Durante nuestro primer encuentro fui respondiendo con vaguedades a cada pregunta suya con la esperanza de que por fin se diera cuenta de su error y de mi embuste; pero nadie lo vino a buscar y las demás personas caminaban a nuestro alrededor con naturalidad, nada ni nadie nos interrumpió y yo no sabía cómo volver atrás y decirle que no, que no era Carmen, que quizás la verdadera Carmen estaría por llegar y sería una cuidadora que le daría sus pastillas y lo llevaría del brazo a su casa o a algún lugar horrible donde dejar su libro y convivir con sus fantasmas.
- Ambos sabemos que no puedo llevarte a casa -me dijo bajando la mirada por primera vez.
- No importa, tampoco hace falta.
- Se está bien acá y el sol y las hojas secas están tan en armonía que parece que no hace falta más nada ¿verdad?

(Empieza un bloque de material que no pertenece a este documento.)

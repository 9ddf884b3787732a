//! What the sides of a call ask for.

ghost use Rattle.std.specs.Prelude.{◌≡◌, ◌&&◌, ◌||◌, [], ℕ, ℤ, List, Option, not, nat_eq, nat_le, is_some, if◌then◌else◌, IfOk};
ghost use Rattle.std.specs.Ordering.{int_eq};
ghost use Rattle.must_call.specs.declared.constants.TheConstants.{PROC_NULL};
ghost use Rattle.must_call.specs.declared.field.Side.{Side};
ghost use Rattle.must_call.specs.declared.field.Side.TheVariants as side;
ghost use Rattle.must_call.specs.declared.call.Call.{Call};
ghost use Rattle.must_call.specs.Kinds.{kind_of};
ghost use Rattle.must_type.specs.Constructs.{natural};
ghost use Rattle.must_type.specs.Tree.{TypeTree};
ghost use Rattle.must_sig.specs.Signatures.{expansion};
ghost use Rattle.must_rules.specs.Rank.{Rank};
ghost use Rattle.must_rules.specs.Known.{facts_of, clear_behind};
ghost use Rattle.must_rules.specs.Types.{sound_type};
ghost use Rattle.must_rules.specs.UsableParts.{usable_parts};
ghost use Rattle.must_derived.specs.Standing.{Stands};
ghost use Rattle.must_items.specs.Typed.{HasTypes};
ghost use Rattle.must_parts.specs.Matching.{MatchedOption};
ghost use Rattle.must_messages.specs.Asking.{action_seen};
ghost use Rattle.must_rules.specs.Operations.{action_of, message_of, message_probed};
ghost use Rattle.must_begin.specs.Terms.{terms_of};
ghost use Rattle.must_begin.specs.Telling.{IsOn, IsAskedOf, HasTerms};

use crate::named::Named;
use crate::terms::{Terms, mode_of, probe_terms, sent_terms, taken_terms};
use must_args::View;
use must_base::NoMemory;
use must_call::{Call, PROC_NULL};
use must_derived::Datatypes;
use must_messages::{Asked, Deed};
use must_sig::Sig;
use must_type::TypeNo;
use std::alloc::Global;

/// A count that isn't below zero, and else none.
fn elements(count: i32) -> u64
    ensures { result ≡ natural count }
{
    u64::try_from(count).unwrap_or(0)
}

/// Whether a part is among the usable ones: bit i says that part i is.
fn has_part(parts: u8, part: u32) -> bool
    ensures { result ≡ (if nat_eq part 0 then (nat_eq parts 1 || nat_eq parts 3) else nat_le 2 parts) }
{
    if part == 0 {
        parts == 1 || parts == 3
    } else {
        2 <= parts
    }
}

/// What is asked for on a communicator with these terms; none where the datatype isn't sound. Want of memory is answered too where
/// the datatype isn't live any more, which that of a clear call is.
fn asked(
    alloc: Global,
    types: &Datatypes,
    on: Named<'_>,
    deed: Deed,
    terms: Terms,
) -> Result<Option<Asked>, NoMemory>
    ensures { IfOk result (λ asked. (trees : ℕ → Option TypeTree) → HasTypes types.now trees → MatchedOption (HasTerms deed on.entry.comm on.entry.name.now terms) asked (trees terms.dtype)) }
{
    let Some(no) = types.type_no(terms.dtype) else {
        return Ok(None);
    };
    let table = types.table();
    if !table.is_live(no) {
        return Err(NoMemory);
    }
    let name = on.name.copy()?;
    let sig = Sig::of(alloc, table, no, elements(terms.count))?;
    Ok(Some(Asked {
        deed,
        comm: on.comm,
        name,
        peer: terms.peer,
        tag: terms.tag,
        sig,
    }))
}

/// What a side of a call asks for with these terms, where its part is usable: bit i of `parts` says that part i is.
fn asked_by(
    alloc: Global,
    types: &Datatypes,
    on: Option<Named<'_>>,
    parts: u8,
    deed: Deed,
    terms: Option<Terms>,
) -> Result<Option<Asked>, NoMemory>
    ensures { IfOk result (λ asked. (r : Rank) (calls : List Call) (call : Call) (s : Side) → terms ≡ terms_of call.body s → action_seen deed ≡ action_of (kind_of call.body) s → parts ≡ usable_parts (facts_of r calls) (sound_type (clear_behind r) calls) call.body → Stands (clear_behind r) types.now calls → IsOn r calls call.body on.entry → IsAskedOf asked (message_of r calls call s)) }
{
    let Some(terms) = terms else {
        return Ok(None);
    };
    if !has_part(parts, terms.part) {
        return Ok(None);
    }
    let Some(on) = on else {
        return Ok(None);
    };
    let asked = asked(alloc, types, on, deed, terms)?;
    Ok(asked)
}

/// What a call sends, where that is usable: bit i of `parts` says that part i is.
pub(crate) fn sent(
    alloc: Global,
    types: &Datatypes,
    on: Option<Named<'_>>,
    call: &Call,
    parts: u8,
) -> Result<Option<Asked>, NoMemory>
    ensures { IfOk result (λ asked. (r : Rank) (calls : List Call) → parts ≡ usable_parts (facts_of r calls) (sound_type (clear_behind r) calls) call.now.body → Stands (clear_behind r) types.now calls → IsOn r calls call.now.body on.entry → IsAskedOf asked (message_of r calls call.now side.Send)) }
{
    let terms = sent_terms(&call.body);
    let deed = Deed::Send {
        mode: mode_of(call.kind()),
    };
    let asked = asked_by(alloc, types, on, parts, deed, terms)?;
    Ok(asked)
}

/// What a call receives, where that is usable: bit i of `parts` says that part i is.
pub(crate) fn taken(
    alloc: Global,
    types: &Datatypes,
    on: Option<Named<'_>>,
    call: &Call,
    parts: u8,
) -> Result<Option<Asked>, NoMemory>
    ensures { IfOk result (λ asked. (r : Rank) (calls : List Call) → parts ≡ usable_parts (facts_of r calls) (sound_type (clear_behind r) calls) call.now.body → Stands (clear_behind r) types.now calls → IsOn r calls call.now.body on.entry → IsAskedOf asked (message_of r calls call.now side.Receive)) }
{
    let terms = taken_terms(&call.body);
    let asked = asked_by(alloc, types, on, parts, Deed::Receive, terms)?;
    Ok(asked)
}

/// The signature of nothing.
fn nothing(alloc: Global, types: &Datatypes) -> Result<Sig, NoMemory>
    ensures { IfOk result (λ sig. expansion sig ≡ []) }
{
    let first = TypeNo { number: 1 };
    let table = types.table();
    if !table.is_live(first) {
        return Err(NoMemory);
    }
    let sig = Sig::of(alloc, table, first, 0)?;
    Ok(sig)
}

/// Whether a clear probe on a communicator looks for a message from this source.
fn looks<V: View>(view: &V, clear: bool, comm: u32, source: i32) -> bool
    ensures { result ≡ (clear && (is_some ((V.facts view.now).comm comm) && not (int_eq source PROC_NULL))) }
{
    clear && (view.own_rank(comm).is_some() && source != PROC_NULL)
}

/// What a call probes; `clear` says whether it is.
pub(crate) fn probed<V: View>(
    alloc: Global,
    view: &V,
    types: &Datatypes,
    on: Option<Named<'_>>,
    call: &Call,
    clear: bool,
) -> Result<Option<Asked>, NoMemory>
    ensures { IfOk result (λ asked. (r : Rank) (calls : List Call) → V.facts view.now ≡ facts_of r calls → clear ≡ clear_behind r calls call.now → IsOn r calls call.now.body on.entry → IsAskedOf asked (message_probed r calls call.now)) }
{
    let Some(terms) = probe_terms(&call.body) else {
        return Ok(None);
    };
    let Some(on) = on else {
        return Ok(None);
    };
    if !looks(view, clear, on.comm, terms.source) {
        return Ok(None);
    }
    let name = on.name.copy()?;
    let sig = nothing(alloc, types)?;
    Ok(Some(Asked {
        deed: Deed::Probe,
        comm: on.comm,
        name,
        peer: terms.source,
        tag: terms.tag,
        sig,
    }))
}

Por momentos su voz se perdía en vagas ensoñaciones, me preguntaba por personas de las cuales no recordaba el nombre pero describía con detalles como: aquel rubiecito que jugaba en el patio de casa ¿lo has visto? Se fue lejos ¿Cuánto hace ya? y no lo he vuelto a ver. No pude entonces, ahora tampoco, encontrar la razón por la cual me quedé aferrada a sus manos, como queriendo rescatar a aquel hombre del olvido en el que se perdían sus recuerdos. Nunca apartó sus ojos de mí durante esos momentos de rara intimidad. Me hizo prometer que volvería; no tuve el coraje suficiente para decirle que no, que yo no era Carmen que todo era un engaño y que nosotros dos le habíamos usurpado a Carmen el lugar que la muerte, seguramente le había arrebatado.